§ Exercise description
Pull every line with the word "this" out of the entries below.

═════ Available records ═════

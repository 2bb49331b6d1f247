//! What a refusal says of a sender.
ghost use Rattle.std.specs.Prelude.{◌≡◌, None};
ghost use Rattle.pdc_complaints.specs.Complaint.{complaint_of, count_of, lower_in, lower_than};
ghost use Rattle.pdc_complaints.specs.Complaint.{of_configuration, of_first, only_count, stale};
ghost use Rattle.pdc_complaints.specs.Complaint.{unplaced_in};

use crate::expected::Expected;
use crate::said::{Said, SaidConfiguration, SaidSection};
use pdc_life::{CfgFault, Refusal};

/// What is wrong with a sender, with what came and what was expected.
#[derive(Clone, Copy, Debug, PartialEq, Eq)]
pub enum Complaint {
    /// The frames are of another stream.
    OtherStream { came: u16, expected: u16 },
    /// Its configuration has another TIME_BASE.
    OtherTimeBase { came: u32, expected: u32 },
    /// Its configuration has another DATA_RATE.
    OtherRate { came: i16, expected: u16 },
    /// Its configuration is of another source.
    OtherSource { came: u16, expected: u16 },
    /// Its configuration has values in floating point.
    FloatFormat,
    /// Its configuration has a lower count of this source than one that is held of the stream.
    LowerCount { source: u16, came: u16, held: u16 },
    /// Its configuration has a lower count than one before; which it has, where it is of one section.
    StaleCount { came: Option<u16> },
    /// Another configuration has the same count; which it is, where it is of one section.
    SameCount { count: Option<u16> },
    /// A node's layout is of another node.
    OtherNode { came: u16, expected: u16 },
    /// The first section of its layout has the node's id, and is not one that a node makes.
    NoOwnSection,
    /// Its layout has a source that is not in the settings, or not in their order.
    OtherPmu { came: u16 },
}

/// The count that these sections have of a source.
fn count_of(sections: &[SaidSection], source: u16) -> Option<u16>
    ensures { result ≡ count_of source sections.now }
{
    match sections.split_first() {
        Some((section, later)) => {
            if section.source == source {
                Some(section.count)
            } else {
                count_of(later, source)
            }
        }
        None => None,
    }
}

/// The complaint that a section has a lower count than this one.
fn lower_than(section: SaidSection, held: Option<u16>) -> Option<Complaint>
    ensures { result ≡ lower_than section held }
{
    match held {
        Some(held) => {
            if section.count < held {
                Some(Complaint::LowerCount {
                    source: section.source,
                    came: section.count,
                    held,
                })
            } else {
                None
            }
        }
        None => None,
    }
}

/// The first of these sections whose count is lower than that of its source among those that are held.
fn lower_in(sections: &[SaidSection], held: &[SaidSection]) -> Option<Complaint>
    ensures { result ≡ lower_in held.now sections.now }
{
    match sections.split_first() {
        Some((section, later)) => {
            match lower_than(*section, count_of(held, section.source)) {
                Some(complaint) => Some(complaint),
                None => lower_in(later, held),
            }
        }
        None => None,
    }
}

/// The first of these sections whose source is not among the sources in their order.
fn unplaced_in(sections: &[SaidSection], sources: &[u16]) -> Option<Complaint>
    ensures { result ≡ unplaced_in sources.now sections.now }
{
    let Some((section, later)) = sections.split_first() else {
        return None;
    };
    let Some((source, others)) = sources.split_first() else {
        return Some(Complaint::OtherPmu {
            came: section.source,
        });
    };
    if *source == section.source {
        unplaced_in(later, others)
    } else {
        unplaced_in(sections, others)
    }
}

/// The count of a configuration that has one section.
fn only_count(said: &SaidConfiguration) -> Option<u16>
    ensures { result ≡ only_count said.now }
{
    match said.others.as_slice().split_first() {
        Some(_) => None,
        None => Some(said.first.count),
    }
}

/// What is wrong with a count that is too low, beside the configuration that is held of the stream, where one is.
fn stale(said: &SaidConfiguration, held: &Option<SaidConfiguration>) -> Complaint
    ensures { result ≡ stale said.now held.now }
{
    let unknown = Complaint::StaleCount {
        came: only_count(said),
    };
    let Some(held) = held else {
        return unknown;
    };
    let first = if held.first.source == said.first.source {
        lower_than(said.first, Some(held.first.count))
    } else {
        None
    };
    match first {
        Some(complaint) => complaint,
        None => match lower_in(&said.others, &held.others) {
            Some(complaint) => complaint,
            None => unknown,
        },
    }
}

/// What is wrong with a layout whose first section is not the node's own.
fn of_first(came: u16, expected: u16) -> Complaint
    ensures { result ≡ of_first came expected }
{
    if came == expected {
        Complaint::NoOwnSection
    } else {
        Complaint::OtherNode { came, expected }
    }
}

/// What is wrong with a configuration that is refused by this cause.
fn of_configuration(
    cause: Refusal,
    said: &SaidConfiguration,
    expected: &Expected,
    held: &Option<SaidConfiguration>,
) -> Option<Complaint>
    ensures { result ≡ of_configuration cause said.now expected.now held.now }
{
    match cause {
        Refusal::WrongTimeBase => Some(Complaint::OtherTimeBase {
            came: said.time_base,
            expected: expected.time_base,
        }),
        Refusal::WrongRate => Some(Complaint::OtherRate {
            came: said.rate,
            expected: expected.rate,
        }),
        Refusal::WrongSource => Some(Complaint::OtherSource {
            came: said.first.source,
            expected: expected.source,
        }),
        Refusal::StaleCount => Some(stale(said, held)),
        Refusal::CountConflict => Some(Complaint::SameCount {
            count: only_count(said),
        }),
        Refusal::BadOwnBlock => Some(of_first(said.first.source, expected.source)),
        Refusal::UnknownSource => unplaced_in(&said.others, &expected.others),
        _ => None,
    }
}

/// What is wrong with the sender of a datagram that was refused by this cause, beside what the settings say, and the configuration that is held
/// of the stream, where one is; nothing where the cause comes and goes.
pub fn complaint_of(
    cause: Refusal,
    said: &Said,
    expected: &Expected,
    held: &Option<SaidConfiguration>,
) -> Option<Complaint>
    ensures { result ≡ complaint_of cause said.now expected.now held.now }
{
    match cause {
        Refusal::WrongId => match said.id {
            Some(came) => Some(Complaint::OtherStream {
                came,
                expected: expected.id,
            }),
            None => None,
        },
        Refusal::NoConfiguration(CfgFault::FloatFormat) => Some(Complaint::FloatFormat),
        _ => match &said.configuration {
            Some(configuration) => of_configuration(cause, configuration, expected, held),
            None => None,
        },
    }
}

═════

§ Worked solution
    /// Its configuration has a lower count of this source than one that is held of the stream.
/// The complaint that a section has a lower count than this one.
/// What is wrong with a configuration that is refused by this cause.
/// What is wrong with the sender of a datagram that was refused by this cause, beside what the settings say, and the configuration that is held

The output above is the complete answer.